- Task brief: Search the entries below for the word "then" and copy every line where it appears.

[Records excerpted from a collection]
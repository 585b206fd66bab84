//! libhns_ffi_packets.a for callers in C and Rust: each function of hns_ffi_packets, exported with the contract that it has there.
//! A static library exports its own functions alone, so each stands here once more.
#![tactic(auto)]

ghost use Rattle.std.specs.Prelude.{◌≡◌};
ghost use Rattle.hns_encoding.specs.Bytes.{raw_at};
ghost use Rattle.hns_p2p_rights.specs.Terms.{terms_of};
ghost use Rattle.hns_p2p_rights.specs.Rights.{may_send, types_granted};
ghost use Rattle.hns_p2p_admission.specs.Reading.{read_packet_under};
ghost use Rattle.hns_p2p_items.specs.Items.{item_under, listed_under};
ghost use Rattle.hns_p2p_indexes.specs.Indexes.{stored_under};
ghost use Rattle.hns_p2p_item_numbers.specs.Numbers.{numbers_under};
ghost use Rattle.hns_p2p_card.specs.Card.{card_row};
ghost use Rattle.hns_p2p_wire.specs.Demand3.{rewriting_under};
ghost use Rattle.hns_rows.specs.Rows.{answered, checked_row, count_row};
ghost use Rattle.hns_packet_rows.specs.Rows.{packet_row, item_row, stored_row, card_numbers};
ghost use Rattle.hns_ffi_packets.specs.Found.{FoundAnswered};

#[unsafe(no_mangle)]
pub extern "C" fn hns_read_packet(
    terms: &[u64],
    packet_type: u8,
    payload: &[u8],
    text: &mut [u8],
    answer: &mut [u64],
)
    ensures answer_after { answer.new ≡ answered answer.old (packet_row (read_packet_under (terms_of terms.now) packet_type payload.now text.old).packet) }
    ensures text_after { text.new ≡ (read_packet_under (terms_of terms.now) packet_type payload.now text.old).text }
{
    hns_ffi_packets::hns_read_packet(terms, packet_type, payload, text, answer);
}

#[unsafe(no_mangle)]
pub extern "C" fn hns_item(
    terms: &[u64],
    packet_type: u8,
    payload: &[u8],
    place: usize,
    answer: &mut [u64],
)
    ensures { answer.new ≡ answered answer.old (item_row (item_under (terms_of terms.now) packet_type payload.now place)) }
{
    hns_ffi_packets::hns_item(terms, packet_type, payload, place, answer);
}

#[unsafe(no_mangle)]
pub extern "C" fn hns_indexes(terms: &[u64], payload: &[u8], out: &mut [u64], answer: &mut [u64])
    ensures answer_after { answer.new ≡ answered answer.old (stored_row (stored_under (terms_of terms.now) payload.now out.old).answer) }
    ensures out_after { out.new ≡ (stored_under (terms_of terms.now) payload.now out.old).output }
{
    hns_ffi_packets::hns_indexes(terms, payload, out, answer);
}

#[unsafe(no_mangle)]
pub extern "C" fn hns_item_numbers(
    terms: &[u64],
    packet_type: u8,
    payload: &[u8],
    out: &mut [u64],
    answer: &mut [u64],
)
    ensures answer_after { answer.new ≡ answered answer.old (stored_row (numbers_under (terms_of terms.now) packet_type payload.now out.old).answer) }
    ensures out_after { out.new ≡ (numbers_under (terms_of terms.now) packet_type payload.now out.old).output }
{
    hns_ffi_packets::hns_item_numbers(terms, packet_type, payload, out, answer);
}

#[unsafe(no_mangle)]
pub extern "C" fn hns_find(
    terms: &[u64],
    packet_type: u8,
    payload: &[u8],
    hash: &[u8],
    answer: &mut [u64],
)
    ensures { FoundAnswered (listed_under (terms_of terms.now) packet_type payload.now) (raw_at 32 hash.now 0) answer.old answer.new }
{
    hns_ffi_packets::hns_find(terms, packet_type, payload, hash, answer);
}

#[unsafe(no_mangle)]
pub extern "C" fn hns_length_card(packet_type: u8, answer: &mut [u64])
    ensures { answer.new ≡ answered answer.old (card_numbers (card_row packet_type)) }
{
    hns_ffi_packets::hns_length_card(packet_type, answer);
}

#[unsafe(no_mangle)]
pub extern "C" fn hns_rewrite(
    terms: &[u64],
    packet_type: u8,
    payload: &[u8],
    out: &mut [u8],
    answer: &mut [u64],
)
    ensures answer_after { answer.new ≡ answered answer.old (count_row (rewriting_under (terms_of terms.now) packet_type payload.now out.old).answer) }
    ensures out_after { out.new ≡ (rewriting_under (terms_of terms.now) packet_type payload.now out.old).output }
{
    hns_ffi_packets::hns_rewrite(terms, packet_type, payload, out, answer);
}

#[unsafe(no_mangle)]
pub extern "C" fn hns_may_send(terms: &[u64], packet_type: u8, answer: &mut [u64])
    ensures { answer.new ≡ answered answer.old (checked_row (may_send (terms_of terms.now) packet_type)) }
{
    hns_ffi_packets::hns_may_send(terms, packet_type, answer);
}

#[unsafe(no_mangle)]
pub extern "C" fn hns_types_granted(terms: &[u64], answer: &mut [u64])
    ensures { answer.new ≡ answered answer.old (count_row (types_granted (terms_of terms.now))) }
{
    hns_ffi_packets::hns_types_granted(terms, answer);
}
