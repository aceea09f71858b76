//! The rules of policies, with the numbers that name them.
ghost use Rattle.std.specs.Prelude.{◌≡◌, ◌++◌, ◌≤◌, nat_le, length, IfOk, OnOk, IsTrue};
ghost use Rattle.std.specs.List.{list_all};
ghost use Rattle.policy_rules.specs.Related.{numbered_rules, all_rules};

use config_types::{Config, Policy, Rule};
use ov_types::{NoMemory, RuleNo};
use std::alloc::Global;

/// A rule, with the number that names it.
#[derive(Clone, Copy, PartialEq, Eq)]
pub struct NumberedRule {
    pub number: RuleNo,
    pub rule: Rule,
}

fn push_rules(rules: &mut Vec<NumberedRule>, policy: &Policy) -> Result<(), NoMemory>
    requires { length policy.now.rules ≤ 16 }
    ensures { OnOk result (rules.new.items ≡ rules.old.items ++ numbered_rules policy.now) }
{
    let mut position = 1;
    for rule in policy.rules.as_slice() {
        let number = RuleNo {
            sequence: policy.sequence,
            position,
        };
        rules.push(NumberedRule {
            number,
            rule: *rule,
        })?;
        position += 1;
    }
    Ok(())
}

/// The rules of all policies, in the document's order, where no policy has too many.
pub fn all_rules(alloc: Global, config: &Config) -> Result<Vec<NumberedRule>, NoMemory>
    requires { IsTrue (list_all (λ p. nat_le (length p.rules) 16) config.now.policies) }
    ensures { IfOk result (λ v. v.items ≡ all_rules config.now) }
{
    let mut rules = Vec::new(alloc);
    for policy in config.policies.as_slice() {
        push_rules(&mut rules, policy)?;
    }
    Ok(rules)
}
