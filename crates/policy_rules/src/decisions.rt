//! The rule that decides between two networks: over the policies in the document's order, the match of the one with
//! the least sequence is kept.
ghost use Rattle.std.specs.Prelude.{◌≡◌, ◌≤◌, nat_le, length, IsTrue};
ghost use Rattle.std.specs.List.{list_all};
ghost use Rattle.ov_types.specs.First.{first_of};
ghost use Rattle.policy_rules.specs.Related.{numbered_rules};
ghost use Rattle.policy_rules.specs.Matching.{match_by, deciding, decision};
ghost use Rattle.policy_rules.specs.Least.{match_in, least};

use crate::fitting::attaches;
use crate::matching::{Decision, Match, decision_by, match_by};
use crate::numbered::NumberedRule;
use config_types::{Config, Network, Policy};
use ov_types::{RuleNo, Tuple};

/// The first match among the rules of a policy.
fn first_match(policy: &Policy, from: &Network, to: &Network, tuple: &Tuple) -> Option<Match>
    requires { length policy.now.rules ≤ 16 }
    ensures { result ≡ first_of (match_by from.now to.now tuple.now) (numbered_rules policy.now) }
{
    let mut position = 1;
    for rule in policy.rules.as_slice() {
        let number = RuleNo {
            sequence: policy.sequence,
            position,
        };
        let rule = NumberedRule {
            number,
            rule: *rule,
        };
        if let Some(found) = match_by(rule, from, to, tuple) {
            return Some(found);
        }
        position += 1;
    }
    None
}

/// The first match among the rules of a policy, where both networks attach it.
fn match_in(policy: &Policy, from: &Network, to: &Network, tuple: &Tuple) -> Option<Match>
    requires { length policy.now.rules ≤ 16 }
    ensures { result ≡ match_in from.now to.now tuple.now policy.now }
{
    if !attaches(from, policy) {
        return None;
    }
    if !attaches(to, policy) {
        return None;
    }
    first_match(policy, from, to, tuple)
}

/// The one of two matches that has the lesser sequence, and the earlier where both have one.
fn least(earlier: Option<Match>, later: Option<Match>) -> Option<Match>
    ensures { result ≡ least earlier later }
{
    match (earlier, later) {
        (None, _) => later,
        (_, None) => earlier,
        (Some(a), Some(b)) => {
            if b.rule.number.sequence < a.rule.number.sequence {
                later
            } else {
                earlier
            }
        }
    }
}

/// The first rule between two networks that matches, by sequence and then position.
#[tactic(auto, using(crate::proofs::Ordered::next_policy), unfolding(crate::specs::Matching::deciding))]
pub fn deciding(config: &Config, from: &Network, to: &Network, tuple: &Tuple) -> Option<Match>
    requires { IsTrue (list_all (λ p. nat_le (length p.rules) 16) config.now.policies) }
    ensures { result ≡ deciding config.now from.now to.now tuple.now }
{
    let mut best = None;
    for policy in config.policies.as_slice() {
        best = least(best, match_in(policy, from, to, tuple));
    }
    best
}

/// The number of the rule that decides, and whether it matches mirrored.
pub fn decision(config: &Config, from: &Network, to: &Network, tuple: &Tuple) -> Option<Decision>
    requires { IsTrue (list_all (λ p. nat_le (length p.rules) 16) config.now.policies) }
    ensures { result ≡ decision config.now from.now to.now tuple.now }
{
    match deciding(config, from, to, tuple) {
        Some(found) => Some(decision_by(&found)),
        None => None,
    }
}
* * *
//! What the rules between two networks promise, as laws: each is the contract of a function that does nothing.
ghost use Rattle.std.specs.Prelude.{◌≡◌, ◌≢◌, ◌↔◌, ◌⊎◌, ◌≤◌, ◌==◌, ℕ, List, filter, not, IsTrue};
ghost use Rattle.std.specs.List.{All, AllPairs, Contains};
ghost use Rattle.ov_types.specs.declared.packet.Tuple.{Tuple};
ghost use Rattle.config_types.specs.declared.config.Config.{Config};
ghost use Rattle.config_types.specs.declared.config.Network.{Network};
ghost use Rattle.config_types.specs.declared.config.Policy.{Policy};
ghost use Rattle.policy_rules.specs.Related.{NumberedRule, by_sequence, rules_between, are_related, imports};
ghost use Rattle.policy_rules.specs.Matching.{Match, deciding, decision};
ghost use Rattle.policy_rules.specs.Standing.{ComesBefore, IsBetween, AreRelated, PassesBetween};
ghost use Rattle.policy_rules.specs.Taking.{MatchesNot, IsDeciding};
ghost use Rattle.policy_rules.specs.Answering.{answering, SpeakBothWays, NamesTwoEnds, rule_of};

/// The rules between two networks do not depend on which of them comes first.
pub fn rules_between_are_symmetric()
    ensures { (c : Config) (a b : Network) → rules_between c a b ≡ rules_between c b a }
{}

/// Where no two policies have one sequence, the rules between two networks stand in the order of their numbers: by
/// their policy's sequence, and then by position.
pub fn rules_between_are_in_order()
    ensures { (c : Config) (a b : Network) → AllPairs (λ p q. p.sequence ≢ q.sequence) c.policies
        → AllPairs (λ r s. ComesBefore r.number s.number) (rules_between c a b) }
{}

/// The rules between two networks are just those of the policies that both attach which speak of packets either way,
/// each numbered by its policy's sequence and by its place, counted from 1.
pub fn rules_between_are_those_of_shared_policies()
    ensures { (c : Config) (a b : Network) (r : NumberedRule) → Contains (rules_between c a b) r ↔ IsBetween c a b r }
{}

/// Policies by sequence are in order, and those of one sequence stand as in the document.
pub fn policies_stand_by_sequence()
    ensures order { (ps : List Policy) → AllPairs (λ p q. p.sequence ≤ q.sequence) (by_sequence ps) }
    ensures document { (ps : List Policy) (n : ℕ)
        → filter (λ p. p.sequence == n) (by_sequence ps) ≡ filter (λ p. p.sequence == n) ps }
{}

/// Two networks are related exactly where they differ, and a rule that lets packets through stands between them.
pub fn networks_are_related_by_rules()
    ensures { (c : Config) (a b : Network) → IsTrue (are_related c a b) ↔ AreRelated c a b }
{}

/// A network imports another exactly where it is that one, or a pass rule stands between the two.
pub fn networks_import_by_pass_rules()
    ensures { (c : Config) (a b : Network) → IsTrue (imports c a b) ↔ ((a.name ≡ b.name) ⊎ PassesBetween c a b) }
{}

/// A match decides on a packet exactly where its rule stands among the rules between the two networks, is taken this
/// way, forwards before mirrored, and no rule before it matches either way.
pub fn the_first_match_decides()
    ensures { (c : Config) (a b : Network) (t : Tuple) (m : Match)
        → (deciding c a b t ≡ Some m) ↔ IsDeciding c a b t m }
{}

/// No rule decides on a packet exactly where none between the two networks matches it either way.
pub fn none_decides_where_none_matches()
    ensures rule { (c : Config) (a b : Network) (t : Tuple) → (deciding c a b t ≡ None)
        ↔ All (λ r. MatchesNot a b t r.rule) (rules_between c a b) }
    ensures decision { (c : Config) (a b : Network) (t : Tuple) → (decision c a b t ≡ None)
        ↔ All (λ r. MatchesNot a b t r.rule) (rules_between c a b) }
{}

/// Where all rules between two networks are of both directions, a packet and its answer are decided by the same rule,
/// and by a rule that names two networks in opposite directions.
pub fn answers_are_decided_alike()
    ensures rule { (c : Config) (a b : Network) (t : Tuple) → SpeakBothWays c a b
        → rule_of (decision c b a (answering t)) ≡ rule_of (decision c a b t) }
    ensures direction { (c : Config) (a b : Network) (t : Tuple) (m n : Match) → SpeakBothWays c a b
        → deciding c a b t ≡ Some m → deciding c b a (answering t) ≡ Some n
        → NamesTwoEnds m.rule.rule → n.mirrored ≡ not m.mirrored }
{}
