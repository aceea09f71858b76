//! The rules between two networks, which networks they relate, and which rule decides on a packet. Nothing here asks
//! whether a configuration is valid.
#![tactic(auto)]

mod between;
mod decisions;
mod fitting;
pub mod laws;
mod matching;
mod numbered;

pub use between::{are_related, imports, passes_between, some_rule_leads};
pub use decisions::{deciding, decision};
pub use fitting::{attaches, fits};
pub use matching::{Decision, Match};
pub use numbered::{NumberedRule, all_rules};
--
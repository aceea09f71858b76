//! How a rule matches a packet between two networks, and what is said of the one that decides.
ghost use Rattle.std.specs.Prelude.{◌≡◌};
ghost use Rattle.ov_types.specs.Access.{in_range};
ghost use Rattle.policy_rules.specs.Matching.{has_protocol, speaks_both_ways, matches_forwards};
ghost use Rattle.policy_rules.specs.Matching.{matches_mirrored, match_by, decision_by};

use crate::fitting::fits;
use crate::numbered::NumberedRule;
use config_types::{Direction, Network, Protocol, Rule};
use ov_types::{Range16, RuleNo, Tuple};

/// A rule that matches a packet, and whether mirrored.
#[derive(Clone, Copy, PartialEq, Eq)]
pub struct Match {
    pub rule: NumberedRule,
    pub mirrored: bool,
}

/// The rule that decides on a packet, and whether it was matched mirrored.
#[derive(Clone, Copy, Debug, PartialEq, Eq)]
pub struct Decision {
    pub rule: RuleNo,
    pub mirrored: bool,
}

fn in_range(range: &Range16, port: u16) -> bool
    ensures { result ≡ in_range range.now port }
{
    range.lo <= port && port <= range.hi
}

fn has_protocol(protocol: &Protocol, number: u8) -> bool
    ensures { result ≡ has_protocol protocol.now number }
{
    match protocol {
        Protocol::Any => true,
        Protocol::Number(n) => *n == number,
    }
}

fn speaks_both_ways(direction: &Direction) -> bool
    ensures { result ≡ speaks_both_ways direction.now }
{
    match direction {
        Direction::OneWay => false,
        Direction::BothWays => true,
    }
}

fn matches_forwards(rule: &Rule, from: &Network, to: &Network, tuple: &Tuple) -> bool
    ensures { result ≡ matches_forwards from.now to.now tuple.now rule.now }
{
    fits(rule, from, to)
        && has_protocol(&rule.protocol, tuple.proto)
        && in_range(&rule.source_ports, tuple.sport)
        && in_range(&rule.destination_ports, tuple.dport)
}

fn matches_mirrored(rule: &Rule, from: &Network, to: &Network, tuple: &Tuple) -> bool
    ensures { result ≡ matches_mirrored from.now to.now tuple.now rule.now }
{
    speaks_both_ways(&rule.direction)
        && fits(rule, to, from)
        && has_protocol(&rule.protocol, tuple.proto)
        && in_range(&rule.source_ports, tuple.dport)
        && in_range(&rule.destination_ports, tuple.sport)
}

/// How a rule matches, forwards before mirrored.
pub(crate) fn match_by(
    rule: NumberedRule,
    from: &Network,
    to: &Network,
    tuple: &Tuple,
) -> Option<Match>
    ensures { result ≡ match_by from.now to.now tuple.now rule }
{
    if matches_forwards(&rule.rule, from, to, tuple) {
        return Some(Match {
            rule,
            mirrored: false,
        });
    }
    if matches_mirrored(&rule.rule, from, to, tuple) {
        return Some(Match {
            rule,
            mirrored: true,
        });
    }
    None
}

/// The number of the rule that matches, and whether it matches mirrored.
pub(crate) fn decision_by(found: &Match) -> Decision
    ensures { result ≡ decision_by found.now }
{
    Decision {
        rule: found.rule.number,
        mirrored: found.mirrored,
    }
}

- Solution for this problem:
/// The first rule between two networks that matches, by sequence and then position.
/// their policy's sequence, and then by position.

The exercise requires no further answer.